Task statement — Please return every line in the entries below with the word "self" in it.
★ ★ ★ ★
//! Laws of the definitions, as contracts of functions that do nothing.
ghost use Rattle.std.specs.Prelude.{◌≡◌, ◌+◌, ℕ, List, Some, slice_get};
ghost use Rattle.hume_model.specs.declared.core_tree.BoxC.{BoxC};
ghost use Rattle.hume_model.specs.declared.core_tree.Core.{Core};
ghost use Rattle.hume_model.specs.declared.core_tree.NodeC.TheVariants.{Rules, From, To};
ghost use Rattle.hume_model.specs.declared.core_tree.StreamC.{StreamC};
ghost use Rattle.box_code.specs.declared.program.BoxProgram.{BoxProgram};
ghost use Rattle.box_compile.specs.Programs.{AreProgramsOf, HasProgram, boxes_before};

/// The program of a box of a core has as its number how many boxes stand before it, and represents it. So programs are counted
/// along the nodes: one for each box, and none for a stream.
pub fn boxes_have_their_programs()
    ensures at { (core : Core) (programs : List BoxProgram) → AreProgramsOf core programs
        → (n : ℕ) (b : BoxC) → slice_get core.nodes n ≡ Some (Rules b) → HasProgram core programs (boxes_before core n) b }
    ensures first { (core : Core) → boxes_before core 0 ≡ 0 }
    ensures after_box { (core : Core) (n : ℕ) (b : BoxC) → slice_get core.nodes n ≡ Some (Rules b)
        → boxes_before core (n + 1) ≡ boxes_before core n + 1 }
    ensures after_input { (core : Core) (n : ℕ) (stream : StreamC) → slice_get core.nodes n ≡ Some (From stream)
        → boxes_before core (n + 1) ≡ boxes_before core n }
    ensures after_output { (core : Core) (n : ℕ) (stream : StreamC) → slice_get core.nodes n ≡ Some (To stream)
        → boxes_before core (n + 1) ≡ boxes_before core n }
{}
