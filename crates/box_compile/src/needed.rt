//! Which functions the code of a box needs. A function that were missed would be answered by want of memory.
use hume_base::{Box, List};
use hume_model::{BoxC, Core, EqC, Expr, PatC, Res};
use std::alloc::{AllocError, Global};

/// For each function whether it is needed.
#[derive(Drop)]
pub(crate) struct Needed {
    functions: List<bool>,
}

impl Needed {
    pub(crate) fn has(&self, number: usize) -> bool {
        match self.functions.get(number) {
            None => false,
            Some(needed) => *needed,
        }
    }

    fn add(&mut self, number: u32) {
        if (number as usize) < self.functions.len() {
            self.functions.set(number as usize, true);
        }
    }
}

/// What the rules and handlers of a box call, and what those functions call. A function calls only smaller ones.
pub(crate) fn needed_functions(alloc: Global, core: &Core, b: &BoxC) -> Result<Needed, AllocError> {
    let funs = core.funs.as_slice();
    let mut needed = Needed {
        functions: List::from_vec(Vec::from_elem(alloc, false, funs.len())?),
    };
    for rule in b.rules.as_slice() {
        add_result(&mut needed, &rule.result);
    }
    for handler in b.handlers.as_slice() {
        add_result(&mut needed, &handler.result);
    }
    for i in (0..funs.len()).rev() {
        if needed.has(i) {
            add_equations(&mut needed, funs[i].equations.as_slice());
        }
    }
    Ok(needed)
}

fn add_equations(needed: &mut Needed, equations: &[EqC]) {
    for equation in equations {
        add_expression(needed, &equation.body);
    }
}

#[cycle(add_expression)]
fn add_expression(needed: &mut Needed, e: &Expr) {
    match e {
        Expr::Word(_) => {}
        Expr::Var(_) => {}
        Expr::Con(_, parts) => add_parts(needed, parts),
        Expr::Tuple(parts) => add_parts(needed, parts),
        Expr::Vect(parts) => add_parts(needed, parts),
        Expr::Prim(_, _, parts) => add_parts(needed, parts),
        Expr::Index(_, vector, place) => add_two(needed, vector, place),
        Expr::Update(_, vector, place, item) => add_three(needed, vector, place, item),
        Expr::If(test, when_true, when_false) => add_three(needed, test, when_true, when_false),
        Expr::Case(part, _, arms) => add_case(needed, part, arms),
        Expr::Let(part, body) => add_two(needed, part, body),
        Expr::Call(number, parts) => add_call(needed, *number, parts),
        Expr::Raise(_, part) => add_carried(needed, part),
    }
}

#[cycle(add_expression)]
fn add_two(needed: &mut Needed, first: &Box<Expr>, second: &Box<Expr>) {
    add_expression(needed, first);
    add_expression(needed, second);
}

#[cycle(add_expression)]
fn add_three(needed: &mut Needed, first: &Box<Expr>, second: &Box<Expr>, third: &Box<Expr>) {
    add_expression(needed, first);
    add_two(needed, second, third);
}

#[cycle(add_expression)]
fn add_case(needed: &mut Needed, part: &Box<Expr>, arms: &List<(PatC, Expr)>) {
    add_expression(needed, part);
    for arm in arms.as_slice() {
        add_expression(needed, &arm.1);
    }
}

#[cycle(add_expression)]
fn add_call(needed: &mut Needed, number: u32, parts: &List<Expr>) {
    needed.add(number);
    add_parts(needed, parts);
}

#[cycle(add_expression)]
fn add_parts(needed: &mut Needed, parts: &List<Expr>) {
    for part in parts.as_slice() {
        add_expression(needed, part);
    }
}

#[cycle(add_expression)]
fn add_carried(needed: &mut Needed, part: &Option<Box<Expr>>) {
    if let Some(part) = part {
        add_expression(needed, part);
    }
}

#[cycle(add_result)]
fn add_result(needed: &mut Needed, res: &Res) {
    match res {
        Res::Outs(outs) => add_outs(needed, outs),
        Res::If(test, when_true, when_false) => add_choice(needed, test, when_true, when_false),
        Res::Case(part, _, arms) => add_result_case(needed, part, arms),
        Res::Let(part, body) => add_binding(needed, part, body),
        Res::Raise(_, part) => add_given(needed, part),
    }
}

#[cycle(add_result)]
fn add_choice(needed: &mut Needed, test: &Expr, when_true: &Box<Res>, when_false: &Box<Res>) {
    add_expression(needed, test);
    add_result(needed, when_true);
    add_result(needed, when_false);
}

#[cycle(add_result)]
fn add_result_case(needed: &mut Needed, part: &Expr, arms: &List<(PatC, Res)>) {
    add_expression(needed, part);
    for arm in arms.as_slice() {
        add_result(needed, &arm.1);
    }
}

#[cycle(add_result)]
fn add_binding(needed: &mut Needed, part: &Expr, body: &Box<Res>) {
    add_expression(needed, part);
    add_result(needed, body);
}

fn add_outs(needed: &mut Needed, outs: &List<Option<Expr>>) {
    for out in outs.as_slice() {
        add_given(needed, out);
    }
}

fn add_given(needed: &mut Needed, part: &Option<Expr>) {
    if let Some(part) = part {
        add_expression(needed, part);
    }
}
★ ★ ★ ★
Exercise result —
    pub(crate) fn has(&self, number: usize) -> bool {
        match self.functions.get(number) {
    fn add(&mut self, number: u32) {
        if (number as usize) < self.functions.len() {
            self.functions.set(number as usize, true);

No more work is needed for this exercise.